Celtic Green Energy Limited Commercial Terms and Conditions

Your contract

  1. Your contract is with Celtic Green Energy Limited (referred to as “Celtic Green Energy”, “us” or “the company”) for the Services described in the Proposal.

 

  1. Our Proposal and these terms constitute the entire agreement between you and Celtic Green Energy Limited. They prevail over any inconsistent terms and conditions contained or referred to in the Client’s acceptance of order or otherwise. No variations shall be valid unless confirmed in writing by us. Special terms, if any, shall be specified in the Proposal. In the event of any ambiguity in interpreting the Proposal with these terms and conditions these terms will prevail.

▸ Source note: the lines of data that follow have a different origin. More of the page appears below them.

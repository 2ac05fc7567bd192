ghost use Rattle.cq_program.specs.Agreeing.{AskedAsRun};
ghost use Rattle.cq_program.specs.Complete.{AsksComplete, ExportsComplete, ListensComplete, MadeComplete, ScriptsComplete, SessionsBesideComplete, SessionsComplete};

use cq_export::a_written_version_answers_as_a_session_beside;
use cq_io::{Sink, Source};
use std::sync::ledger::Ledger;

/// If no count of faults rose, and fewer bytes came than may be read, whatever meets the clauses of `top` is done, unless
/// memory was refused.
pub fn a_command_that_nothing_fails_is_done()
    ensures sessions { SessionsComplete }
    ensures beside { SessionsBesideComplete }
    ensures scripts { ScriptsComplete }
    ensures made { MadeComplete }
    ensures listens { ListensComplete }
{}

/// If no count of faults rose, and fewer bytes came than may be read, what meets the clause of `top` on `ask` is done, unless
/// the bytes begin with no token file or memory was refused.
pub fn a_kept_version_that_nothing_fails_is_asked<S: Source, K: Sink, L: Ledger>()
    ensures { AsksComplete L S.Source K.Sink }
{}

/// If no count of faults rose, and fewer bytes came than may be read, what meets the clause of `top` on `export` is done,
/// unless a line is no change that is accepted, the file would be too large, or memory was refused.
pub fn a_version_that_nothing_fails_is_written<S: Source, K: Sink, L: Ledger>()
    ensures { ExportsComplete L S.Source K.Sink }
{}

/// If `export`, `ask` and `run` meet the clauses of `top` and are done, under the same settings: what `ask` writes for the file
/// that `export` wrote for some changes, and questions after it, is what `run` writes for these questions after these changes,
/// unless a reply reports that memory was refused. `run` may have any number of workers, and none.
pub fn what_was_exported_is_asked_as_run<S: Source, K: Sink, L: Ledger>()
    ensures { AskedAsRun L S.Source K.Sink }
{
    // the law over the replies, from which this one over the bytes follows
    a_written_version_answers_as_a_session_beside::<L>();
}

3 The following words and expressions have the following meanings

“Proposal” : the documents issued by Celtic Green Energy Limited defining the services to be provided and the price payable for the services

“Price” : the price specified in the Proposal or subsequently agreed between the parties

“Client” : the individual or organisation to whom the Proposal is addressed

“Services” : the services described in the Proposal

“Goods” : all items supplied as part of the Service including all PV system components

Price and Payment

  1. The Price and payment schedule are stated in the Proposal. All figures exclude VAT unless otherwise stated. Our payment  terms are 14 days. On amounts due but not paid we reserve the right to charge interest at the statutory rate or  2% above the NatWest Bank plc base rate applicable at the time the payment was due whichever is the higher.

 

  1. We reserve the right to revise our Price if circumstances arise which will increase our costs. We will only incur these costs with your permission but work will not proceed until additional work and costs have been agreed.

5 No discounts on the Price or retentions of payment shall be made unless specifically agreed before an order is placed with Celtic Green Energy Limited otherwise none shall apply.

Scope of Work

  1. The Services to be provided by Celtic Green Energy Limited are defined in the Proposal.

 

  1. No materials will be ordered or allocated for the Services until an order is placed with Celtic Green Energy Limited. We shall not be liable for any delay in any programme caused by the Client’s failure to place a confirmed order sufficiently early.
  1. The Proposal is based on facts known at the time of its preparation including information supplied by Client. Subsequent information and/or changes in circumstances may mean that the services need to be redefined.

 

  1. An equitable adjustment shall be made to the Price and / or the programme if any change to the project causes a significant change in the Services, costs or the time for delivery of the Services.
  1. Our contract with you does not cover changes to your electricity metering arrangements or any authorisations for the installation of our system on your property. You are responsible  for  making these arrangements, obtaining these authorisations and for paying any associated charges. We accept no liability whatsoever for unauthorised use of a grid connected electricity generating system or any delays to your programme caused by changes to your electricity metering..

 

Time

  1. The estimated time for delivery of the Services is stated in the Proposal. The Client shall allow at least 12 weeks between placing an order and delivery of the Goods to site. Unless otherwise agreed time shall not be of the essence.

 

Risk & Property

  1. Unless otherwise agreed, risk in all Goods passes on delivery to site and the Client will be responsible for off-loading and secure storage of the Goods.

 

  1. Notwithstanding delivery and passing of risk, the Goods remain the property of Celtic Green Energy Limited until the Buyer pays to Celtic Green Energy Limited the agreed price for the Goods (together with any accrued interest) and no other sums whatever shall be due from the Buyer to Celtic Green Energy Limited. If full payment is not received within a reasonable time we reserve the right to remove the Goods and you give us permission to enter your property to do so.
  1. Any property of the Client in Celtic Green Energy Limited possession or under its control and all property supplied to Celtic Green Energy Limited by or on behalf of the Buyer is held at the Buyer’s risk.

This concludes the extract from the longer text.